Material for this task -
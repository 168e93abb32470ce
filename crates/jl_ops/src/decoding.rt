//! Which row an instruction has (JVMS 6.5).

ghost use Rattle.std.specs.Prelude.{◌≡◌, option_map};
ghost use Rattle.jl_ops.specs.declared.row.Row.TheVariants as rows;
ghost use Rattle.jl_ops.specs.Decoding as words;

use crate::row::{
    ArrayRow, Condition, Elements, FrameRow, IntOp, IntType, LongOp, Row, Shift, StackOp, Test,
};
use crate::type_letters::{
    BOOLEAN, BYTE, CHAR, INT, LONG, SHORT, T_BOOLEAN, T_BYTE, T_CHAR, T_INT, T_LONG, T_SHORT,
};
use jl_code::{Arg, Instr, local_of};
use jl_heap::{Kind, Value};
use jl_optable::ops;

/// Null, -1 to 5, and the longs 0 and 1.
#[tactic(auto, unfolding(crate::specs::Decoding::constant_of))]
fn constant_of(op: u8) -> Option<Value>
    ensures { result ≡ words.constant_of op }
{
    match op {
        ops::ACONST_NULL => Some(Value::Ref(None)),
        ops::ICONST_M1..=ops::ICONST_5 => {
            Some(Value::Int(i32::from(op) - i32::from(ops::ICONST_0)))
        }
        ops::LCONST_0..=ops::LCONST_1 => {
            Some(Value::Long(i64::from(op) - i64::from(ops::LCONST_0)))
        }
        _ => None,
    }
}

/// The kind that a load puts on the stack.
#[tactic(auto, unfolding(crate::specs::Decoding::kind_loaded))]
fn kind_loaded(op: u8) -> Option<Kind>
    ensures { result ≡ words.kind_loaded op }
{
    match op {
        ops::ILOAD | ops::ILOAD_0..=ops::ILOAD_3 => Some(Kind::Int),
        ops::LLOAD | ops::LLOAD_0..=ops::LLOAD_3 => Some(Kind::Long),
        ops::ALOAD | ops::ALOAD_0..=ops::ALOAD_3 => Some(Kind::Ref),
        _ => None,
    }
}

/// The kind that a store takes from the stack.
#[tactic(auto, unfolding(crate::specs::Decoding::kind_stored))]
fn kind_stored(op: u8) -> Option<Kind>
    ensures { result ≡ words.kind_stored op }
{
    match op {
        ops::ISTORE | ops::ISTORE_0..=ops::ISTORE_3 => Some(Kind::Int),
        ops::LSTORE | ops::LSTORE_0..=ops::LSTORE_3 => Some(Kind::Long),
        ops::ASTORE | ops::ASTORE_0..=ops::ASTORE_3 => Some(Kind::Ref),
        _ => None,
    }
}

/// The rows that take, copy or swap slots of the stack.
#[tactic(auto, unfolding(crate::specs::Decoding::stack_row))]
fn stack_row(op: u8) -> Option<FrameRow>
    ensures { result ≡ words.stack_row op }
{
    match op {
        ops::POP => Some(FrameRow::Stack(StackOp::Pop)),
        ops::POP2 => Some(FrameRow::Stack(StackOp::Pop2)),
        ops::DUP => Some(FrameRow::Stack(StackOp::Dup)),
        ops::DUP_X1 => Some(FrameRow::Stack(StackOp::DupX1)),
        ops::DUP_X2 => Some(FrameRow::Stack(StackOp::DupX2)),
        ops::DUP2 => Some(FrameRow::Stack(StackOp::Dup2)),
        ops::DUP2_X1 => Some(FrameRow::Stack(StackOp::Dup2X1)),
        ops::DUP2_X2 => Some(FrameRow::Stack(StackOp::Dup2X2)),
        ops::SWAP => Some(FrameRow::Stack(StackOp::Swap)),
        _ => None,
    }
}

/// The rows that compute with ints alone.
#[tactic(auto, unfolding(crate::specs::Decoding::int_row))]
fn int_row(op: u8) -> Option<FrameRow>
    ensures { result ≡ words.int_row op }
{
    match op {
        ops::IADD => Some(FrameRow::Ints(IntOp::Add)),
        ops::ISUB => Some(FrameRow::Ints(IntOp::Sub)),
        ops::IMUL => Some(FrameRow::Ints(IntOp::Mul)),
        ops::IDIV => Some(FrameRow::Ints(IntOp::Div)),
        ops::IREM => Some(FrameRow::Ints(IntOp::Rem)),
        ops::INEG => Some(FrameRow::NegateInt),
        ops::ISHL => Some(FrameRow::Ints(IntOp::Shift(Shift::Left))),
        ops::ISHR => Some(FrameRow::Ints(IntOp::Shift(Shift::Right))),
        ops::IUSHR => Some(FrameRow::Ints(IntOp::Shift(Shift::UnsignedRight))),
        ops::IAND => Some(FrameRow::Ints(IntOp::And)),
        ops::IOR => Some(FrameRow::Ints(IntOp::Or)),
        ops::IXOR => Some(FrameRow::Ints(IntOp::Xor)),
        _ => None,
    }
}

/// The rows that compute with longs.
#[tactic(auto, unfolding(crate::specs::Decoding::long_row))]
fn long_row(op: u8) -> Option<FrameRow>
    ensures { result ≡ words.long_row op }
{
    match op {
        ops::LADD => Some(FrameRow::Longs(LongOp::Add)),
        ops::LSUB => Some(FrameRow::Longs(LongOp::Sub)),
        ops::LMUL => Some(FrameRow::Longs(LongOp::Mul)),
        ops::LDIV => Some(FrameRow::Longs(LongOp::Div)),
        ops::LREM => Some(FrameRow::Longs(LongOp::Rem)),
        ops::LNEG => Some(FrameRow::NegateLong),
        ops::LSHL => Some(FrameRow::ShiftLong(Shift::Left)),
        ops::LSHR => Some(FrameRow::ShiftLong(Shift::Right)),
        ops::LUSHR => Some(FrameRow::ShiftLong(Shift::UnsignedRight)),
        ops::LAND => Some(FrameRow::Longs(LongOp::And)),
        ops::LOR => Some(FrameRow::Longs(LongOp::Or)),
        ops::LXOR => Some(FrameRow::Longs(LongOp::Xor)),
        _ => None,
    }
}

/// A row that computes with ints or with longs.
fn number_row(op: u8) -> Option<FrameRow>
    ensures { result ≡ words.number_row op }
{
    match int_row(op) {
        Some(row) => Some(row),
        None => long_row(op),
    }
}

/// Conversions, `lcmp`, `nop` and the monitor rows.
#[tactic(auto, unfolding(crate::specs::Decoding::other_row))]
fn other_row(op: u8) -> Option<FrameRow>
    ensures { result ≡ words.other_row op }
{
    match op {
        ops::I2L => Some(FrameRow::IntToLong),
        ops::L2I => Some(FrameRow::LongToInt),
        ops::I2B => Some(FrameRow::Cut(IntType::Byte)),
        ops::I2C => Some(FrameRow::Cut(IntType::Char)),
        ops::I2S => Some(FrameRow::Cut(IntType::Short)),
        ops::LCMP => Some(FrameRow::CompareLongs),
        ops::NOP => Some(FrameRow::Nothing),
        ops::MONITORENTER..=ops::MONITOREXIT => Some(FrameRow::Monitor),
        _ => None,
    }
}

/// The rows of arrays, but for those that ask for classes.
#[tactic(auto, unfolding(crate::specs::Decoding::array_row))]
fn array_row(op: u8) -> Option<ArrayRow>
    ensures { result ≡ words.array_row op }
{
    match op {
        ops::IALOAD => Some(ArrayRow::Load(Elements::Ints(IntType::Int))),
        ops::LALOAD => Some(ArrayRow::Load(Elements::Longs)),
        ops::AALOAD => Some(ArrayRow::Load(Elements::References)),
        ops::BALOAD => Some(ArrayRow::Load(Elements::Ints(IntType::Byte))),
        ops::CALOAD => Some(ArrayRow::Load(Elements::Ints(IntType::Char))),
        ops::SALOAD => Some(ArrayRow::Load(Elements::Ints(IntType::Short))),
        ops::IASTORE => Some(ArrayRow::StoreInt(IntType::Int)),
        ops::LASTORE => Some(ArrayRow::StoreLong),
        ops::BASTORE => Some(ArrayRow::StoreInt(IntType::Byte)),
        ops::CASTORE => Some(ArrayRow::StoreInt(IntType::Char)),
        ops::SASTORE => Some(ArrayRow::StoreInt(IntType::Short)),
        ops::ARRAYLENGTH => Some(ArrayRow::Length),
        _ => None,
    }
}

/// The rows that leave the method.
#[tactic(auto, unfolding(crate::specs::Decoding::leaving_row))]
fn leaving_row(op: u8) -> Option<Row>
    ensures { result ≡ words.leaving_row op }
{
    match op {
        ops::IRETURN => Some(Row::Return(Some(Kind::Int))),
        ops::LRETURN => Some(Row::Return(Some(Kind::Long))),
        ops::ARETURN => Some(Row::Return(Some(Kind::Ref))),
        ops::RETURN => Some(Row::Return(None)),
        ops::ATHROW => Some(Row::Throw),
        _ => None,
    }
}

/// When a branch is taken.
#[tactic(auto, unfolding(crate::specs::Decoding::test_of))]
fn test_of(op: u8) -> Option<Test>
    ensures { result ≡ words.test_of op }
{
    match op {
        ops::IFEQ => Some(Test::Zero(Condition::Equal)),
        ops::IFNE => Some(Test::Zero(Condition::NotEqual)),
        ops::IFLT => Some(Test::Zero(Condition::Less)),
        ops::IFGE => Some(Test::Zero(Condition::GreaterOrEqual)),
        ops::IFGT => Some(Test::Zero(Condition::Greater)),
        ops::IFLE => Some(Test::Zero(Condition::LessOrEqual)),
        ops::IF_ICMPEQ => Some(Test::Ints(Condition::Equal)),
        ops::IF_ICMPNE => Some(Test::Ints(Condition::NotEqual)),
        ops::IF_ICMPLT => Some(Test::Ints(Condition::Less)),
        ops::IF_ICMPGE => Some(Test::Ints(Condition::GreaterOrEqual)),
        ops::IF_ICMPGT => Some(Test::Ints(Condition::Greater)),
        ops::IF_ICMPLE => Some(Test::Ints(Condition::LessOrEqual)),
        ops::IF_ACMPEQ => Some(Test::Same(true)),
        ops::IF_ACMPNE => Some(Test::Same(false)),
        ops::IFNULL => Some(Test::Null(true)),
        ops::IFNONNULL => Some(Test::Null(false)),
        ops::GOTO | ops::GOTO_W => Some(Test::Always),
        _ => None,
    }
}

/// The letter of the type that `newarray` names by a number.
#[tactic(auto, unfolding(crate::specs::Decoding::letter_named))]
fn letter_named(n: i32) -> Option<u8>
    ensures { result ≡ words.letter_named n }
{
    match n {
        T_BOOLEAN => Some(BOOLEAN),
        T_CHAR => Some(CHAR),
        T_BYTE => Some(BYTE),
        T_SHORT => Some(SHORT),
        T_INT => Some(INT),
        T_LONG => Some(LONG),
        _ => None,
    }
}

fn in_frame(row: Option<FrameRow>) -> Option<Row>
    ensures { result ≡ option_map rows.Frame row }
{
    match row {
        Some(row) => Some(Row::Frame(row)),
        None => None,
    }
}

fn of_array(row: Option<ArrayRow>) -> Option<Row>
    ensures { result ≡ option_map rows.Array row }
{
    match row {
        Some(row) => Some(Row::Array(row)),
        None => None,
    }
}

fn constant_row(op: u8) -> Option<Row>
    ensures { result ≡ option_map words.constant (words.constant_of op) }
{
    match constant_of(op) {
        Some(v) => Some(Row::Frame(FrameRow::Constant(v))),
        None => None,
    }
}

/// The row of an opcode alone.
#[tactic(auto, unfolding(crate::specs::Decoding::bare_row))]
fn bare_row(op: u8) -> Option<Row>
    ensures { result ≡ words.bare_row op }
{
    match op {
        ops::ACONST_NULL..=ops::LCONST_1 => constant_row(op),
        ops::IALOAD..=ops::SASTORE | ops::ARRAYLENGTH => of_array(array_row(op)),
        ops::POP..=ops::SWAP => in_frame(stack_row(op)),
        ops::IADD..=ops::LXOR => in_frame(number_row(op)),
        ops::IRETURN..=ops::RETURN | ops::ATHROW => leaving_row(op),
        _ => in_frame(other_row(op)),
    }
}

/// A load or a store of a local.
fn local_row(op: u8, local: u16) -> Option<Row>
    ensures { result ≡ words.local_row (words.kind_loaded op) (words.kind_stored op) local }
{
    if let Some(kind) = kind_loaded(op) {
        return Some(Row::Frame(FrameRow::Load(kind, local)));
    }
    match kind_stored(op) {
        Some(kind) => Some(Row::Frame(FrameRow::Store(kind, local))),
        None => None,
    }
}

/// What a number behind an opcode is: the type of a new array, or a constant.
fn numbered_row(op: u8, n: i32) -> Option<Row>
    ensures { result ≡ words.numbered_row op n }
{
    if op != ops::NEWARRAY {
        return Some(Row::Frame(FrameRow::Constant(Value::Int(n))));
    }
    match letter_named(n) {
        Some(letter) => Some(Row::NewArray(letter)),
        None => None,
    }
}

fn branch_row(op: u8, place: u32) -> Option<Row>
    ensures { result ≡ option_map (λ test. rows.Branch test place) (words.test_of op) }
{
    match test_of(op) {
        Some(test) => Some(Row::Branch(test, place)),
        None => None,
    }
}

/// The row of an instruction. None of a switch, which is executed by its operands, of an instruction that asks for
/// classes, and of one that makes a stub.
pub fn row_of(instr: &Instr) -> Option<Row>
    ensures { result ≡ words.row_of instr.now }
{
    match &instr.arg {
        Arg::Nothing => match local_of(instr) {
            Some(local) => local_row(instr.op, local),
            None => bare_row(instr.op),
        },
        Arg::Local(local) => local_row(instr.op, *local),
        Arg::Inc(local, more) => Some(Row::Frame(FrameRow::Increase(*local, *more))),
        Arg::Number(n) => numbered_row(instr.op, *n),
        Arg::Long(n) => Some(Row::Frame(FrameRow::Constant(Value::Long(*n)))),
        Arg::Target(place) => branch_row(instr.op, *place),
        _ => None,
    }
}

/// Whether an instruction is executed here: it asks for no class, and makes no stub.
pub fn is_plain(instr: &Instr) -> bool
    ensures { result ≡ words.is_plain instr.now }
{
    matches!(instr.arg, Arg::Switch { .. }) || row_of(instr).is_some()
}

Problem to solve - Please go through the data above and copy each line that has the word "makes".

Task result -
/// classes, and of one that makes a stub.
/// Whether an instruction is executed here: it asks for no class, and makes no stub.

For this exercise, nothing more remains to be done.